We did not see any significant differences (or very little differences) across educational attainment levels in data science skills related to programming and technology. The only exception is that data professionals with a PhD had greater proficiency in machine learning compared to the rest (however, prior research showed that machine learning skill is more closely associated with statistics/math than technology).
Impact of Education Depends on Data Science Job Role
Next, I compared data skills proficiency across education for the different job roles. To simplify the results, I averaged the proficiency ratings of specific skills into their respective skill area (i.e., Business, Technology, Programming, Math & Modeling and Statistics).
Even though four different job roles were included in the study, we only had enough data to examine three of the job roles: Business Management, Developers and Researchers. Due to small sample sizes (n <=20), we were unable to study some educational segments (e.g., high school / tech / 2-year degree and PhD) for many of the comparisons. The results appear in Figure 3.
Developers. Education attainment (at least for 4-year and Masters degrees) does not appear to have an impact on skill proficiency for Developers. No significant differences in skill proficiency were found between educational levels.
Business Management. Educational attainment (at least for 4-year and Masters degrees) does have an impact on skill proficiency for data professionals who self-identify as Business Management. Business Management professionals with a Masters degree possessed greater (statistically significant at p < .05) proficiency in skills related to Business, Math & Modeling and Statistics compared to their Business Management counterparts with a 4-year degree.
Researchers. For data professionals who are Researchers, educational attainment (for 4-year, Masters and PhD degrees) does have an impact on skill proficiency. Not surprisingly, more advanced degrees translated into greater proficiency (statistically significant at p < .05) in skills around Math & Modeling and Statistics.

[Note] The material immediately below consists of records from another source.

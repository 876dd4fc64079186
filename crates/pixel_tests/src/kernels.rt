//! The kernels of each width beside the plain program, on rows of many kinds.

use parent_rule::{Combine, Depth, mean_rows};
use std::alloc::{AllocError, Global};
use std::process::Abort;
use std::test::Fail;
use tile_pixels::{combine_rows, read_row, store_plain, store_row_above};

// The kinds of rows, from 0: none blank, blank at both ends, in runs, at random, everywhere, numbers at the ends of their
// type, and numbers beside the blank one, whose mean it is.
const KINDS: usize = 7;

// A number of 64 bits, made of one of 32.
fn spread(random: u32) -> i64 {
    i64::from(random).wrapping_mul(-7046029254386353131)
}

// Whether the number at a place of a row of a kind is blank.
fn is_blank(kind: usize, place: usize, places: usize, random: u32) -> bool {
    match kind {
        1 => place < 2 || places <= place.saturating_add(2),
        2 => place % 16 < 6,
        3 => random % 3 == 0,
        4 => true,
        _ => false,
    }
}

// The least number of the type, and the greatest, by turns.
fn end_of_type(place: usize, depth: Depth) -> i64 {
    let end = if place % 2 == 0 { i64::MIN } else { i64::MAX };
    end >> (64 - depth.bitpix())
}

// The number before the blank one, and the one after it, by turns.
fn beside_blank(place: usize, depth: Depth) -> i64 {
    let blank = depth.blank();
    if place % 2 == 0 {
        blank.wrapping_sub(1)
    } else {
        blank.wrapping_add(1)
    }
}

// The number at a place of a row of a kind, of which only the low bytes are stored.
fn number(kind: usize, place: usize, places: usize, depth: Depth, random: u32) -> i64 {
    match kind {
        5 => end_of_type(place, depth),
        6 => beside_blank(place, depth),
        _ if is_blank(kind, place, places, random) => depth.blank(),
        _ => spread(random),
    }
}

// The last bytes of some, as many as a number has.
fn low_bytes(bytes: &[u8], width: usize) -> &[u8] {
    &bytes[bytes.len().saturating_sub(width)..]
}

// A row of a kind, as bytes.
fn row(
    alloc: Global,
    kind: usize,
    places: usize,
    depth: Depth,
    seed: u32,
) -> Result<Vec<u8>, AllocError> {
    let mut row = Vec::new(alloc);
    let mut random = seed;
    for place in 0..places {
        random = random.wrapping_mul(1664525).wrapping_add(1013904223);
        let bytes = number(kind, place, places, depth, random >> 3).to_be_bytes();
        row.extend_from_slice(low_bytes(&bytes, depth.bytes()))?;
    }
    Ok(row)
}

// Stores the row above two rows both ways, and compares.
fn agrees(depth: Depth, top: &[u8], bottom: &[u8], count: usize) -> bool {
    let width = depth.bytes();
    let _bitpix = depth.bitpix();
    if count > 256 || width > 8 {
        return false;
    }
    if top.len() != 2 * count * width || bottom.len() != 2 * count * width {
        return false;
    }
    let mut numbers = [0; 1280];
    let numbers = &mut numbers[..5 * count];
    let mut fast = [1; 2048];
    let fast = &mut fast[..count * width];
    let mut plain = [2; 2048];
    let plain = &mut plain[..count * width];
    store_row_above(depth, top, bottom, count, numbers, fast);
    store_plain(depth, top, bottom, count, numbers, plain);
    &*fast == &*plain
}

// Combines two rows of numbers both ways, and compares.
fn halves_agree(depth: Depth, top: &[u8], bottom: &[u8], count: usize) -> bool {
    let width = depth.bytes();
    let _bitpix = depth.bitpix();
    if count > 256 || width > 8 {
        return false;
    }
    if top.len() != 2 * count * width || bottom.len() != 2 * count * width {
        return false;
    }
    let mut upper = [0; 512];
    let upper = &mut upper[..2 * count];
    let mut lower = [0; 512];
    let lower = &mut lower[..2 * count];
    read_row(depth, top, upper);
    read_row(depth, bottom, lower);
    let mut fast = [1; 256];
    let fast = &mut fast[..count];
    let mut plain = [2; 256];
    let plain = &mut plain[..count];
    combine_rows(upper, lower, depth, fast);
    mean_rows(upper, lower, depth, plain);
    &*fast == &*plain
}

// Whether the kernels agree with the plain program on two rows, by both rules.
fn rows_agree(mean: Depth, top: &[u8], bottom: &[u8], count: usize) -> bool {
    let median = mean.with(Combine::Median);
    agrees(mean, top, bottom, count)
        && halves_agree(mean, top, bottom, count)
        && agrees(median, top, bottom, count)
        && halves_agree(median, top, bottom, count)
}

// Whether they agree on rows of two kinds.
fn kinds_agree(
    alloc: Global,
    depth: Depth,
    count: usize,
    of_top: usize,
    of_bottom: usize,
) -> Result<bool, AllocError> {
    let places = count.saturating_mul(2);
    let top = row(alloc, of_top, places, depth, 1)?;
    let bottom = row(alloc, of_bottom, places, depth, 2)?;
    Ok(rows_agree(depth, &top, &bottom, count))
}

static COUNTS: [usize; 7] = [0, 1, 7, 8, 9, 65, 256];

// Each row: the bits of a number, and the blank one.
static DEPTHS: [(u8, i64); 8] = [
    (8, 255),
    (8, 7),
    (16, -32768),
    (16, 0),
    (32, -2147483648),
    (32, -5),
    (64, i64::MIN),
    (64, 3),
];

// They agree on rows of all kinds.
fn check_kinds(rt: &impl Abort, alloc: Global, depth: Depth, count: usize) -> Result<(), Fail> {
    for of_top in 0..KINDS {
        for of_bottom in 0..KINDS {
            assert!(rt;
                kinds_agree(alloc, depth, count, of_top, of_bottom)?,
                "{count} numbers, kind {of_top} above {of_bottom}"
            );
        }
    }
    Ok(())
}

#[test]
fn kernels_agree_with_the_plain_program(rt: HostRuntime) -> Result<(), Fail> {
    for (bitpix, blank) in &DEPTHS {
        let depth = Depth::new(*bitpix, *blank).ok_or("no depth")?;
        for count in &COUNTS {
            check_kinds(&rt, rt.alloc(), depth, *count)?;
        }
    }
    Ok(())
}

Education level is related to proficiency in data science skills for some data science roles. In general, research data scientists who hold a PhD are more proficient in Statistics and Math & Modeling compared to their counterparts who hold a Masters or 4-year college degree. Also, business management data scientists who hold a Masters degree were more proficient than their peers who hold a 4-year degree in Business, Math & Modeling and Statistics. We did not, however, see any skill difference between Developers who held a Masters or those who held a 4-year degree.
If you are a recruiter or manager of data science teams, the study results suggest that you need to consider applicants' formal educational background. Education does play a role in how well data professionals can do their jobs, but only for specific types of data science roles. Getting a PhD degree is beneficial for the data scientist who is a researcher. These researchers are better equipped to independently perform tasks in math and statistics compared to their counterparts. For the data scientist who specializes in business management, a Masters degree sets them apart with respect to their business skills compared to their peers who only possess a 4-year degree. For the data scientist who is a developer, getting a Masters degree does not necessarily give them an advantage over developers who possess a 4-year degree.
There are many ways to acquire data science skills. While universities are offering graduate degrees in data science, education companies are offering immersive courses in the same areas that require significantly less time (see Galvanize, Udacity, Coursera). Future research needs to understand how graduates of these programs compare to other data professionals who have taken a more traditional route to learning data science skills.